Literary Style By The Numbers
This may be old news to some of you, but I just noticed the other day that Amazon has added a whole panel of "text stats" for many of its books. I noticed it because my last book The Ghost Map just came out in paperback (go read it people -- it's a lot more fun than this post will turn out to be) and so I'm back into the swing of checking Amazon a few times a day. Text Stats is a pretty wonky page -- everything from some of the "readability" indices, to overall word count, to what Amazon calls "Fun stats" like "Words per dollar." (Quotes you never hear at Barnes and Noble: "This copy of Infinite Jest is such a bargain at only 39,574 words per dollar!")
But the two stats that I found totally fascinating were "Average Words Per Sentence" and "% Complex Words," the latter defined as words with three or more syllables -- words like "ameliorate", "protoplasm" or "motherf***er." I've always thought that sentence length is a hugely determining factor in a reader's perception of a given work's complexity, and I spent quite a bit of time in my twenties actively teaching myself to write shorter sentences. So this kind of material is fascinating to me, partially because it lets me see something statistically that I've thought a great deal about intuitively as a writer, and partially because I can compare my own stats to other writers' and see how I fare. (Perhaps there's a literary Rotisserie league lurking somewhere on those Text Stats pages.)
So I spent a few hours last week plugging in the numbers for my books, as well as a few other authors that I assembled in an entirely unscientific fashion: Malcolm Gladwell, Steven Pinker, Seth Godin, Christopher Hitchens -- and then, just to see how far I'd come, I threw in my intellectual (and, sadly, stylistic) heroes from my early twenties, the post-structuralist legends Michel Foucault and Frederic Jameson. I compiled stats for 3-4 books for each author, except Gladwell who has written two, and then plotted them on a scatter chart, with the y axis representing % complex words and the x axis representing words per sentence. The results were pretty fascinating:
Some observations:
1. There's a clear cluster of Hitchens/Johnson/Pinker in the center. (From eyeballing some other Amazon pages, I think Dawkins, Michael Pollan, E. O. Wilson would have been in that general area as well.) But what I thought was so striking was that even in that cluster, each author's books are closer to his other books than they are to the other two author's books. In other words, each of us has a certain sweet spot of complexity that we come back to book after book. My first and last books, Ghost Map and Interface Culture had the exact same words per sentence, down to the decimal point: 24.6. (My longest sentences turned out to be in Emergence, followed closely by Everything Bad at 25.8 and 25.7.) Pinker tends to be just slightly less complex syntactically (with the one outlier Blank Slate, which is more complex than anything I've written.) And Hitchens tends to write longer sentences by a couple of words.

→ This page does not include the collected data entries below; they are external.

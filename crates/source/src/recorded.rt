// The events of a trace file are a source.
ghost use Rattle.trace.specs.Feed.{coming};
ghost use Rattle.trace.proofs.Soundness.{coming_sound};

use crate::source::{Measured, Source};
use event::{Counts, Event};
use trace::Events;

impl<'a> Source for Events<'a> {
    ghost counts = { λ s. s.counts };

    ghost rest = { coming };

    ghost sound = { coming_sound };

    fn counts(&self) -> Counts {
        self.counts()
    }

    fn next(&mut self) -> Option<Event> {
        <Events<'_> as Iterator>::next(self)
    }
}

// Counted by going over the bytes once.
impl<'a> Measured for Events<'a> {
    fn remaining(&self) -> usize {
        (*self).count()
    }
}
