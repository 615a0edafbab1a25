// Sources of events, and filters that pile up on any source.
#![tactic(auto)]

pub mod filter;
pub mod lent;
pub mod list;
pub mod picker;
pub mod recorded;
pub mod refusal;
pub mod sampler;
pub mod sieve;
pub mod source;

pub use filter::Filter;
pub use list::{EventList, ListEvents};
pub use picker::Picker;
pub use refusal::Refusal;
pub use sampler::Sampler;
pub use sieve::Sieve;
pub use source::{Measured, Source};
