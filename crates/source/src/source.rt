// What hands out the events of a trace, one by one.
ghost use Rattle.std.specs.Prelude.{◌≡◌, List, length};
ghost use Rattle.event.specs.Thins.{Sound};
ghost use Rattle.event.specs.declared.counts.Counts.{Counts};
ghost use Rattle.event.specs.declared.record.Event.{Event};
ghost use Rattle.source.specs.Handed.{Handed};

use event::{Counts, Event};

pub trait Source {
    // The counts of the trace.
    ghost counts: { Self → Counts };

    // The events still to come.
    ghost rest: { Self → List Event };

    ghost sound: { (s : Self) → Sound (counts s) (rest s) };

    fn counts(&self) -> Counts
        ensures { result ≡ counts self.now };

    // The first of the events still to come, which is then gone.
    // It is no `Iterator`'s `next`: its clauses say for each source what is handed out, where an `Iterator` would say it by a law that each user cites.
    fn next(&mut self) -> Option<Event>
        ensures hands { Handed (rest self.old) (rest self.new) result }
        ensures keeps { counts self.new ≡ counts self.old };
}

// A source that knows how many events are still to come.
pub trait Measured: Source {
    fn remaining(&self) -> usize
        ensures { result ≡ length (Self.Source.rest self.now) };
}
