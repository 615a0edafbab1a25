// Lets through the first accesses of each thread's every period, and every event that is no access.
ghost use Rattle.std.specs.Prelude.{◌≡◌, IfOk, MatchResult};
ghost use Rattle.std.specs.Result.{result_map_both};
ghost use Rattle.event.proofs.Sieving.{stopped};
ghost use Rattle.source.specs.Sampled.{AccessesAreNumberedByThread, counters_for, lets, sampled, sampled_by};

use crate::refusal::Refusal;
use crate::sieve::{Passing, Sieve};
use crate::source::Source;
use event::{CallerFault, Counts, Event};

// A burst, the last number of a period, and for each thread the number of its next access, taken down by the period.
#[derive(Clone, Copy)]
pub struct Counters {
    burst: u16,
    last: u16,
    next: [u16; 16],
}

impl Counters {
    // Every thread's numbers begin at 0.
    pub fn new(burst: u32, period: u32) -> Result<Counters, CallerFault>
        ensures { result ≡ counters_for burst period }
    {
        // A test and casts, and no `try_from`: the limit is a number that the promise names, and not what a type can hold.
        if burst < 1 || burst > period || period > 65_535 {
            return Err(CallerFault::Sampling);
        }
        Ok(Counters {
            burst: burst as u16,
            last: (period - 1) as u16,
            next: [0; 16],
        })
    }
}

impl Passing for Counters {
    ghost lets = { lets };

    ghost stops = { λ p _ e. stopped e _ };

    // Numbers the event if it is an access.
    fn let_through(&mut self, e: Event) -> bool {
        if !e.is_access() {
            return true;
        }
        let thread = usize::from(e.thread);
        let period = u32::from(self.last) + 1;
        let number = u32::from(self.next[thread]);
        self.next[thread] = ((number + 1) % period) as u16;
        number % period < u32::from(self.burst)
    }
}

// The source below without the accesses that are in no burst.
pub type Sampler<S> = Sieve<S, Counters>;

impl<S: Source> Sampler<S> {
    // Numbers the accesses that the source below hands out.
    pub fn new(below: S, burst: u32, period: u32) -> Result<Sampler<S>, Refusal<S>>
        ensures answer { result_map_both (λ p. p.passing) (λ x. x.fault) result ≡ counters_for burst period }
        ensures below { MatchResult result (λ p. p.below ≡ below) (λ x. x.below ≡ below) }
        ensures list { IfOk result (λ p. sampled_by p.passing (S.Source.rest p.below) ≡ sampled burst period (S.Source.rest below)) }
    {
        Sieve::over(below, Counters::new(burst, period))
    }
}

// Which accesses a sampler's list has, by the events before each of them.
pub fn accesses_are_numbered_by_thread()
    ensures { AccessesAreNumberedByThread }
{}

2. Gladwell's sentences are fully 25% shorter than mine. I'm not sure if the average reader would notice the difference between the Johnson/Hitchens/Pinker cluster, but a 25% drop in sentence length has to alter the reading experience dramatically. Clearly, the only things separating me from selling ten million copies of my books are those extra 6.5 words per sentence.
3. Check out Foucault and Jameson. They are literally on another planet. The top spot goes to Jameson's "Postmodernism" book which I read like scripture my first year of grad school: 53 words per sentence! Interestingly, most of the variation shows up in sentence length not in word complexity -- you often hear people complain about the impenetrable jargon of critical theory, but it looks here like the sentence length is as least as much of a culprit.

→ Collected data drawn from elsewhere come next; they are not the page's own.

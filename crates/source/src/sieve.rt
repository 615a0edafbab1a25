// The filters: a test over a source, which says which of the source's events pass.
ghost use Rattle.std.specs.Prelude.{◌≡◌, Bool, false, List, [], ◌∷◌, MatchResult, refl};
ghost use Rattle.std.specs.Result.{result_map_both};
ghost use Rattle.event.specs.Order.{Access};
ghost use Rattle.event.specs.Sieves.{sieved};
ghost use Rattle.event.specs.Thins.{Placed};
ghost use Rattle.event.specs.declared.counts.Counts.{Counts};
ghost use Rattle.event.specs.declared.record.Event.{Event};
ghost use Rattle.event.proofs.Sieving.{sieved_sound, sieved_thins};

use crate::filter::Filter;
use crate::refusal::Refusal;
use crate::source::Source;
use event::{CallerFault, Counts, Event};

// A test of one event after the other, which may go by those before.
pub(crate) trait Passing {
    // Whether an event passes that comes after these.
    ghost lets: { Self → List Event → Event → Bool };

    // Only an access can fail.
    ghost stops: { (p : Self) (past : List Event) (e : Event) → lets p past e ≡ false → Access e };

    // Tests an event that some trace can have, and goes on behind it.
    fn let_through(&mut self, e: Event) -> bool
        requires { (c : Counts) × Placed c e }
        ensures lets { result ≡ lets self.old [] e }
        ensures goes_on { (past : List Event) (f : Event) → lets self.old (e ∷ past) f ≡ lets self.new past f };
}

#[derive(Drop)]
pub struct Sieve<S, P> {
    below: S,
    passing: P,
}

impl<S, P> Sieve<S, P> {
    // The filter of this test, or the source given back with the fault. Each filter's own `new` promises that too, of its own bytes or numbers.
    // Both arms take the source, so that no `map` and `map_err` can have it.
    pub(crate) fn over(below: S, passing: Result<P, CallerFault>) -> Result<Sieve<S, P>, Refusal<S>>
        ensures answer { result_map_both (λ p. p.passing) (λ x. x.fault) result ≡ passing }
        ensures below { MatchResult result (λ p. p.below ≡ below) (λ x. x.below ≡ below) }
    {
        match passing {
            Ok(passing) => Ok(Sieve { below, passing }),
            Err(fault) => Err(Refusal { below, fault }),
        }
    }
}

impl<S: Source, P: Passing> Source for Sieve<S, P> {
    ghost counts = { λ s. S.Source.counts s.below };

    ghost rest = { λ s. sieved (P.lets s.passing) [] (S.Source.rest s.below) };

    ghost sound = { λ s. sieved_sound (S.Source.counts s.below) (P.lets s.passing) (P.stops s.passing) [] (S.Source.rest s.below) (S.Source.sound s.below) };

    fn counts(&self) -> Counts {
        self.below.counts()
    }

    fn next(&mut self) -> Option<Event> {
        while let Some(e) = self.below.next() {
            if self.passing.let_through(e) {
                return Some(e);
            }
        }
        None
    }
}

impl<S: Source, P: Passing> Filter for Sieve<S, P> {
    type Below = S;

    ghost under = { λ s. s.below };

    ghost thins = { λ s. sieved_thins (P.lets s.passing) (P.stops s.passing) [] (S.Source.rest s.below) };

    ghost same = { λ s. refl };
}
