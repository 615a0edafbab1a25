// Lets through accesses to picked variables, and every event that is no access.
ghost use Rattle.std.specs.Prelude.{◌≡◌, IfOk, MatchResult};
ghost use Rattle.std.specs.Result.{result_map_both};
ghost use Rattle.event.proofs.Sieving.{stopped};
ghost use Rattle.source.specs.Picked.{picks_for, passes, picked};

use crate::refusal::Refusal;
use crate::sieve::{Passing, Sieve};
use crate::source::Source;
use event::{CallerFault, Counts, Event};

// A byte for each variable, 0 where it is not picked. The copy has room for the most variables, and takes no heap.
#[derive(Clone, Copy)]
pub struct Picks {
    bytes: [u8; 256],
}

impl Picks {
    // A copy of the first bytes, one for each variable.
    pub fn new(counts: Counts, bytes: &[u8]) -> Result<Picks, CallerFault>
        ensures { result ≡ picks_for counts.variables bytes.now }
    {
        let variables = counts.variables();
        let first = bytes
            .get(..variables)
            .ok_or(CallerFault::Table { size: variables })?;
        let mut own = [0; 256];
        own[..variables].copy_from_slice(first);
        Ok(Picks { bytes: own })
    }
}

impl Passing for Picks {
    ghost lets = { λ p _ e. passes p.bytes e };

    ghost stops = { λ p _ e. stopped e _ };

    fn let_through(&mut self, e: Event) -> bool {
        !e.is_access() || self.bytes[usize::from(e.number)] != 0
    }
}

// The source below without the accesses to variables that are not picked.
pub type Picker<S> = Sieve<S, Picks>;

impl<S: Source> Picker<S> {
    // Keeps a copy of the bytes, one for each variable of the source below.
    pub fn new(below: S, bytes: &[u8]) -> Result<Picker<S>, Refusal<S>>
        ensures answer { result_map_both (λ p. p.passing) (λ x. x.fault) result ≡ picks_for (S.Source.counts below).variables bytes.now }
        ensures below { MatchResult result (λ p. p.below ≡ below) (λ x. x.below ≡ below) }
        ensures list { IfOk result (λ p. picked p.passing.bytes (S.Source.rest p.below) ≡ picked bytes.now (S.Source.rest below)) }
    {
        let picks = Picks::new(below.counts(), bytes);
        Sieve::over(below, picks)
    }
}
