// A list of events in memory, over a table that the caller lends.
ghost use Rattle.std.specs.Prelude.{◌≤◌, length, take};
ghost use Rattle.event.specs.Thins.{Sound};

use event::{Counts, Event};

pub mod copying;
pub mod events;
pub mod making;

// The list's events stand at the table's front. What stands behind them is never read.
// The table is the caller's, lent by the rule that tables are: so it is a slice with a length beside it, and no `Vec`.
#[derive(Drop)]
pub struct EventList<'a> {
    counts: Counts,
    table: &'a mut [Event],
    len: usize,
    ghost fits: { len ≤ length table.now },
    ghost sound: { ∥ Sound counts (take len table.now) ∥₁ },
}

// The events of a list that are still to come.
#[derive(Drop)]
pub struct ListEvents<'a> {
    counts: Counts,
    events: &'a [Event],
    ghost sound: { ∥ Sound counts events.now ∥₁ },
}
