// A source that is lent is a source.
use crate::source::{Measured, Source};
use event::{Counts, Event};

impl<S: Source> Source for &mut S {
    ghost counts = { λ s. S.Source.counts s.now };

    ghost rest = { λ s. S.Source.rest s.now };

    ghost sound = { λ s. S.Source.sound s.now };

    fn counts(&self) -> Counts {
        (**self).counts()
    }

    fn next(&mut self) -> Option<Event> {
        (**self).next()
    }
}

impl<S: Measured> Measured for &mut S {
    fn remaining(&self) -> usize {
        (**self).remaining()
    }
}
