// Sources that are another source with accesses left out, and nothing else.
ghost use Rattle.std.specs.Prelude.{◌≡◌, List};
ghost use Rattle.event.specs.Thins.{Thins};
ghost use Rattle.event.specs.declared.record.Event.{Event};
ghost use Rattle.source.specs.Piles.{ThinningIsReflexive, ThinningIsTransitive, ThinningKeepsSoundness};

use crate::source::Source;

pub trait Filter: Source {
    type Below: Source;

    // The source below.
    ghost under: { Self → Self.Below };

    ghost thins: { (s : Self) → Thins (Self.Below.Source.rest (under s)) (Self.Source.rest s) };

    ghost same: { (s : Self) → Self.Below.Source.counts (under s) ≡ Self.Source.counts s };
}

// Why filters can be piled up.
pub fn thinnings_compose()
    ensures reflexive { ThinningIsReflexive }
    ensures transitive { ThinningIsTransitive }
    ensures sound { ThinningKeepsSoundness }
{}

// One filter more: its list is a thinning of every list that the list below is a thinning of.
// So by one filter after the other a pile of any height is a thinning of what it stands on.
pub fn piles_up<F: Filter>(f: &F)
    ensures thins { (whole : List Event) → Thins whole (F.Below.Source.rest (F.Filter.under f.now)) → Thins whole (F.Source.rest f.now) }
    ensures same { F.Below.Source.counts (F.Filter.under f.now) ≡ F.Source.counts f.now }
{}

// A filter over a filter leaves out accesses of what both stand on, and nothing else.
pub fn pile_of_two<P: Filter, F: Filter<Below = P>>(f: &F)
    ensures thins { Thins (P.Below.Source.rest (P.Filter.under (F.Filter.under f.now))) (F.Source.rest f.now) }
    ensures same { P.Below.Source.counts (P.Filter.under (F.Filter.under f.now)) ≡ F.Source.counts f.now }
{}
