// The sender (document 01, "Sender").
ghost use Rattle.std.specs.Prelude.{◌≡◌, true, ℕ, ◌+◌, ◌<◌, ◌≤◌, length, drop, get_or};
ghost use Rattle.cobs.specs.CodeBlocks.{choice};
ghost use Rattle.link.specs.Agreed.{agreed, valid, largest_frame};
ghost use Rattle.link.specs.Answers.{done, load_refusal, load_answer, next_refusal, next_answer};
ghost use Rattle.link.specs.Sender.{opened_sender, open_sender, lane_state, lane_d, with_lane, position_up, with_block, lane_ok, lane_on_line_ok, line_ok, in_bounds, put_frame, load, step1_cut_due, step3_covered, step4_break_off, step5_data, step6_code, steps_3_to_6, step2_no_lane, steps_1_to_6, next, seen};
ghost use Rattle.link.specs.SenderParts.{LaneReady, DataDue, SendsOn};

use crate::{OpenError, Settings};

// A lane is document 01's word for one of the sender's two places for a packet.
#[derive(Clone, Copy, Debug, PartialEq, Eq)]
pub enum Lane {
    Low,
    High,
}

// What the state has of a lane.
#[derive(Clone, Copy, Debug, PartialEq, Eq)]
pub struct LaneState {
    // the length of its frame; 0: the lane is empty, as document 01 has it
    pub length: u16,
    // the position in D
    pub position: u16,
}

// The state. Its items are listed in specs/Sender.antt as document 01 has them; here they stand in an order that took few machine
// instructions among those tried (docs/LANDINGS.md).
#[derive(Clone, Copy, Debug, PartialEq, Eq)]
pub struct Sender {
    // the settings octet, the width of the check, and the limit
    pub settings: Settings,
    pub low: LaneState,
    pub high: LaneState,
    // data octets left in the block that is being sent
    pub left: u8,
    // zeros due behind them
    pub zeros: u8,
    // the lane on the line
    pub on: Option<Lane>,
    // mark: the low lane's packet was broken off
    pub suspended: bool,
    // mark *cut due*: the flag that breaks it off comes next
    pub cut: bool,
}

// Why a load is refused.
#[derive(Clone, Copy, Debug, PartialEq, Eq)]
pub enum LoadError {
    PacketLength,
    AreaTooShort,
    OutOfBounds,
    LaneNotEmpty,
}

// The number of the refusal, 1 to 4.
impl From<LoadError> for u8 {
    ghost from_gives = { λ e n. n ≡ load_refusal e };

    fn from(e: LoadError) -> u8 {
        match e {
            LoadError::PacketLength => 1,
            LoadError::AreaTooShort => 2,
            LoadError::OutOfBounds => 3,
            LoadError::LaneNotEmpty => 4,
        }
    }
}

// Why a call of next octet is refused.
#[derive(Clone, Copy, Debug, PartialEq, Eq)]
pub enum NextError {
    AreaTooShort,
    OutOfBounds,
}

// The number of the refusal, 2 or 3.
impl From<NextError> for u8 {
    ghost from_gives = { λ e n. n ≡ next_refusal e };

    fn from(e: NextError) -> u8 {
        match e {
            NextError::AreaTooShort => 2,
            NextError::OutOfBounds => 3,
        }
    }
}

// What a step answers, and the state behind it. Steps take the state by value: a lent one goes through memory where a step is not inlined.
#[derive(Clone, Copy)]
struct Sent {
    state: Sender,
    // the octet to send; none: Idle
    answer: Result<Option<u8>, NextError>,
}

// A sender is opened empty. Refusals 23, of a limit out of range, and 3, of any width but 16 or 32, in this order.
pub fn open(settings: Settings) -> Result<Sender, OpenError>
    ensures { result ≡ open_sender settings }
{
    settings.validate()?;
    Ok(opened(settings))
}

fn opened(settings: Settings) -> Sender
    ensures { result ≡ opened_sender settings }
{
    Sender {
        settings,
        low: LaneState::EMPTY,
        high: LaneState::EMPTY,
        left: 0,
        zeros: 0,
        on: None,
        suspended: false,
        cut: false,
    }
}

impl LaneState {
    const EMPTY: LaneState = LaneState {
        length: 0,
        position: 0,
    };

    // An empty lane or a frame of an allowed length, and a position no further than behind D.
    fn in_bounds(self, settings: Settings) -> bool
        ensures { result ≡ lane_ok (agreed settings) self }
    {
        let length = self.length as usize;
        ((length == 0) | (settings.least_frame() <= length) & (length <= settings.largest_frame()))
            & (self.position as usize <= length + 1)
    }

    // The octet of D at the position; behind the frame stands the phantom.
    fn octet(self, area: &[u8]) -> u8
        requires { self.length ≤ length area.now }
        ensures { result ≡ get_or (lane_d self area.now) self.position 0 }
    {
        if self.position < self.length {
            area[self.position as usize]
        } else {
            0
        }
    }

    // The code of the next block, and what it covers.
    fn choose(self, area: &[u8], zxe: bool) -> cobs::Choice
        requires { (self.position ≤ self.length) × (self.length ≤ length area.now) }
        ensures { result ≡ choice zxe (drop self.position (lane_d self area.now)) }
    {
        cobs::choose(&area[self.position as usize..self.length as usize], zxe)
    }
}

4. I would love to see some stats on dynamic range here: not just average sentence length, but how much the sentence lengths vary over the course of each book. One of the things I learned when I started writing in a less academic style (largely when I was doing FEED) is the importance of throwing in a very short sentence for emphasis at regular intervals. (Come to think of it, I may have learned this from reading Gladwell's early pieces in the New Yorker.)
5. Is there a Literature grad school version of the Lazy Web? If so, I would love to see a study that cross-referenced sales and syntactical complexity across thousands of books and determined who had the highest sales-to-complexity ratio of all time.
6. After looking at the Jameson number, I went back to one of my papers from junior year at Brown to see how awful my prose was. I pulled up the scariest sentence in the first paragraph and did a quick word count: 75 words. 75! And no semi-colons either. I bet Fred Jameson's pretty psyched I never finished that PhD...

Great post. But can anyone recommend a software with which to measure statistics on typed words and sentences effectively, based on similar techniques as amazon have used?
Cheers in advances
Posted by: Michael | October 27, 2007 at 11:11 AM
"I'm just wondering what would the graph have looked like if you would have plotted Gayatri Chakravarti Spivak on it..."
If you check Of Grammatology, Derrida (surprisingly, to me) comes in lower than Steven! Go figure...
Posted by: Mike Wing | October 27, 2007 at 10:17 PM
Kharris makes a good point. For example, Constance Garnett is known for having simplified the texts of Dostoevsky and other Russian authors in her translations, which of course affects the statistics.
Posted by: John | October 31, 2007 at 03:41 AM
Text stats become more homogenous with novel writing because dialogue lowers the average words per sentence. For instance, "Yes / Hello / No" all count as complete, one-word sentences and occur frequently in dialogue. That is why Dostoevsky and Hemingway's average words per sentence are nearly the same even though the complexity of their writing differs dramatically.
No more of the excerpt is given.